To investigate how nicotine might affect the kind of drastic attentional deficit seen in schizophrenia, Picciotta and colleagues created a genetically engineered strain of mice whose brains lack the high-affinity nicotine receptor. Although the mice appear normal to a casual observer, when subjected to stress they show subtle but important differences in dopamine regulation and learning, Picciotta said. Using this fundamental research to develop a behavioral model of attention, Picciotta hopes to determine whether nicotine can be used to treat attentional deficits in schizophrenia.
Alan S. Brown, M.D., is looking at the interactions between genetic and prenatal environmental factors in schizophrenia. Brown is an assistant professor of psychiatry and associate director of the department of epidemiology and community psychiatry at Columbia University in New York. Based on a study using a birth cohort from 12,000 pregnancies from 1959 to 1966, Brown aims to quantify data on prenatal and perinatal exposure and familial genetic influences to develop a model of genetic-environmental variables in schizophrenia.
Using serological data from this cohort and detailed perinatal records, Brown hopes to determine whether the impact of family history on the risk of schizophrenia and other disorders is "modified in the presence of two in utero exposures, influenza and folate deficiency, and a set of perinatal exposures, [namely] obstetric complications." All these variables, he notes, have been implicated in schizophrenia.

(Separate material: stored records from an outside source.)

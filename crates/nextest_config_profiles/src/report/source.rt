//! Where values stand.

ghost use Rattle.std.specs.Prelude.{◌≡◌, IfOk, option_map};
ghost use Rattle.nextest_config_profiles.specs.Profile.{file_in};
ghost use Rattle.nextest_config_profiles.specs.Reach.{words_of};
ghost use Rattle.nextest_config_profiles.specs.Report.Source.{IsPlaceIn, IsSource};

use crate::EffectiveProfile;
use crate::report::keys::path_in;
use crate::report::parts::{FilePlace, Source};
use std::alloc::{AllocError, Global};
use toml_spans::{Place, Span};

/// Where a layer has what stands at these keys of a profile.
pub(crate) fn source_of<'p>(
    alloc: Global,
    effective: &'p EffectiveProfile<'_>,
    layer: usize,
    profile: &'p str,
    keys: &[&str],
) -> Result<Source<'p>, AllocError>
    ensures { IfOk result (IsSource effective.now layer profile.now (words_of keys.now)) }
{
    if layer == 0 {
        // What nextest sets itself stands in no file.
        return Ok(Source {
            profile,
            file: None,
        });
    }
    let path = path_in(alloc, profile, keys)?;
    let span = effective.span(alloc, layer, path.as_slice())?;
    let file = file_place(effective, layer, span);
    Ok(Source { profile, file })
}

/// The file of a layer, and where this range of it begins.
pub(crate) fn file_place<'p>(
    effective: &'p EffectiveProfile<'_>,
    layer: usize,
    span: Option<Span>,
) -> Option<FilePlace<'p>>
    ensures { IsPlaceIn (file_in effective.now layer) span result }
{
    match effective.file(layer) {
        Some(file) => Some(FilePlace {
            path: file.source.path.as_str(),
            place: begin(span),
        }),
        None => None,
    }
}

// Where a range begins.
fn begin(span: Option<Span>) -> Option<Place>
    ensures { result ≡ option_map (λ span. span.begin) span }
{
    match span {
        Some(span) => Some(span.begin),
        None => None,
    }
}
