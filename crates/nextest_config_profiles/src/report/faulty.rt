//! Values that their readers refuse, as the layers are merged.

ghost use Rattle.std.specs.Prelude.{◌∷◌, [], IfOk, map, string_bytes};
ghost use Rattle.nextest_config_values.specs.Read.{fault_of};
ghost use Rattle.nextest_config_profiles.specs.Reach.{words_of};
ghost use Rattle.nextest_config_profiles.specs.Report.Rows.{AreOrWhole, ArePlacesAt, ArePlacesOf, IsBareRow, IsFaultState, IsMessage, IsPlaceOf, keys_of_member, parts_of};
ghost use Rattle.nextest_config_profiles.specs.Report.Setting.{rule_of};

use crate::report::keys::{copy_of, with_key};
use crate::report::last::{last_at, last_source};
use crate::report::parts::{FaultSource, KeyState, Row};
use crate::report::rows::bare_row;
use crate::report::setting::KnownSetting;
use crate::report::somes::push_some;
use crate::{EffectiveProfile, LayerValue};
use nextest_config_values::read::ValueFault;
use std::alloc::{AllocError, Global};

/// What is told of a setting whose reader refuses what a profile has there.
pub(crate) fn fault_row<'p>(
    alloc: Global,
    effective: &'p EffectiveProfile<'p>,
    profile: &'p str,
    setting: KnownSetting<'_>,
    fault: ValueFault,
) -> Result<Row<'p>, AllocError>
    ensures { IfOk result (IsBareRow (rule_of setting.entry).keys
        (IsFaultState effective.now profile.now (rule_of setting.entry) fault)) }
{
    let sources = places(alloc, effective, profile, setting)?;
    let message = message(alloc, fault)?;
    let state = KeyState::Fault { message, sources };
    bare_row(alloc, copy_of(alloc, setting.keys)?, state)
}

/// What is wrong with a value.
pub(crate) fn message(alloc: Global, fault: ValueFault) -> Result<String, AllocError>
    ensures { IfOk result (λ text. IsMessage (fault_of fault) (string_bytes text)) }
{
    if fault.is_memory() {
        return Err(AllocError);
    }
    let refused = fault.at(alloc, "");
    if refused.kind.is_memory() {
        return Err(AllocError);
    }
    let text = refused.to_string(alloc)?;
    Ok(text)
}

/// Where the parts of what a profile has for a setting stand.
pub(crate) fn places<'p>(
    alloc: Global,
    effective: &'p EffectiveProfile<'p>,
    profile: &'p str,
    setting: KnownSetting<'_>,
) -> Result<Vec<FaultSource<'p>>, AllocError>
    ensures { IfOk result (λ sources.
        ArePlacesOf effective.now profile.now (rule_of setting.entry) sources.items) }
{
    let found = last_at(alloc, effective, profile, setting.keys)?;
    let parts = part_places(alloc, effective, profile, setting, found)?;
    let sources = or_whole(alloc, effective, profile, setting.keys, parts)?;
    Ok(sources)
}

// Where the keys of the table stand that this is, if it is one.
fn part_places<'p>(
    alloc: Global,
    effective: &'p EffectiveProfile<'p>,
    profile: &'p str,
    setting: KnownSetting<'_>,
    found: Option<LayerValue<'p>>,
) -> Result<Vec<FaultSource<'p>>, AllocError>
    ensures { IfOk result (λ sources. ArePlacesAt effective.now profile.now
        (parts_of (rule_of setting.entry) found.entry) sources.items) }
{
    match found {
        Some(found) if found.value.is_table() => {
            member_places(alloc, effective, profile, setting)
        }
        Some(_) => Ok(Vec::new(alloc)),
        None => Ok(Vec::new(alloc)),
    }
}

// The places of parts, or where there is none that of the whole.
fn or_whole<'p>(
    alloc: Global,
    effective: &'p EffectiveProfile<'p>,
    profile: &'p str,
    keys: &[&'p str],
    parts: Vec<FaultSource<'p>>,
) -> Result<Vec<FaultSource<'p>>, AllocError>
    ensures { IfOk result (λ sources. AreOrWhole effective.now profile.now (words_of keys.now)
        parts.entry.items sources.items) }
{
    if parts.is_empty() {
        return whole_place(alloc, effective, profile, keys);
    }
    Ok(parts)
}

// Where the whole value stands.
fn whole_place<'p>(
    alloc: Global,
    effective: &'p EffectiveProfile<'p>,
    profile: &'p str,
    keys: &[&'p str],
) -> Result<Vec<FaultSource<'p>>, AllocError>
    ensures { IfOk result (λ sources. ArePlacesAt effective.now profile.now
        (words_of keys.now ∷ []) sources.items) }
{
    let mut sources = Vec::new(alloc);
    let keys = copy_of(alloc, keys)?;
    let place = place(alloc, effective, profile, keys)?;
    push_some(&mut sources, place)?;
    Ok(sources)
}

// Where the keys of a table stand.
fn member_places<'p>(
    alloc: Global,
    effective: &'p EffectiveProfile<'p>,
    profile: &'p str,
    setting: KnownSetting<'_>,
) -> Result<Vec<FaultSource<'p>>, AllocError>
    ensures { IfOk result (λ sources. ArePlacesAt effective.now profile.now
        (map (keys_of_member (rule_of setting.entry).keys) (rule_of setting.entry).members)
        sources.items) }
{
    let members = setting.members();
    let mut sources = Vec::new(alloc);
    for member in members {
        let keys = with_key(alloc, setting.keys, member.key)?;
        let place = place(alloc, effective, profile, keys)?;
        push_some(&mut sources, place)?;
    }
    Ok(sources)
}

// Where the last layer that says anything of these keys has them, if they have a value.
fn place<'p>(
    alloc: Global,
    effective: &'p EffectiveProfile<'p>,
    profile: &'p str,
    keys: Vec<&'p str>,
) -> Result<Option<FaultSource<'p>>, AllocError>
    ensures { IfOk result (IsPlaceOf effective.now profile.now (words_of keys.entry.items)) }
{
    match last_source(alloc, effective, profile, keys.as_slice())? {
        Some(source) => Ok(Some(FaultSource { keys, source })),
        None => Ok(None),
    }
}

E. Sherwood Brown, M.D., Ph.D., a research fellow at the University of Texas-Southwestern, is investigating whether corticosteroids can provide a model for bipolar disorder. Corticosteroids such as prednisone commonly induce severe psychiatric side effects including emotional lability.
William Byne, M.D., Ph.D., an assistant professor of psychiatry at the Mount Sinai School of Medicine in New York, is investigating how the anatomy of the thalamus, which is critical in pain perception and processing and integrating information, varies in schizophrenia.
Sarah Lisanby, M.D., who is a research fellow and an assistant in clinical psychiatry at Columbia University, is employing transcranial magnetic brain stimulation to probe the neural regulation of mood.
The "psychopharmacology of impulsivity" in relation to the brain’s serotonin system is the realm of Christopher Reist, M.D., vice chair of the department of psychiatry and human behavior at the University of California, Irvine. His research has been conducted at the Long Beach (California) Veterans Administration Hospital, where Reist is chief of mental health.
While the preponderance of research is biologically oriented, Guy Diamond, Ph.D., an assistant professor of psychology and psychiatry at the University of Pennsylvania School of Medicine, is investigating family-based treatments for adolescents with depression, and Laura Roberts, M.D., an assistant professor of the department of psychiatry at the University of New Mexico, is studying the perspectives of schizophrenia patients regarding their participation in research.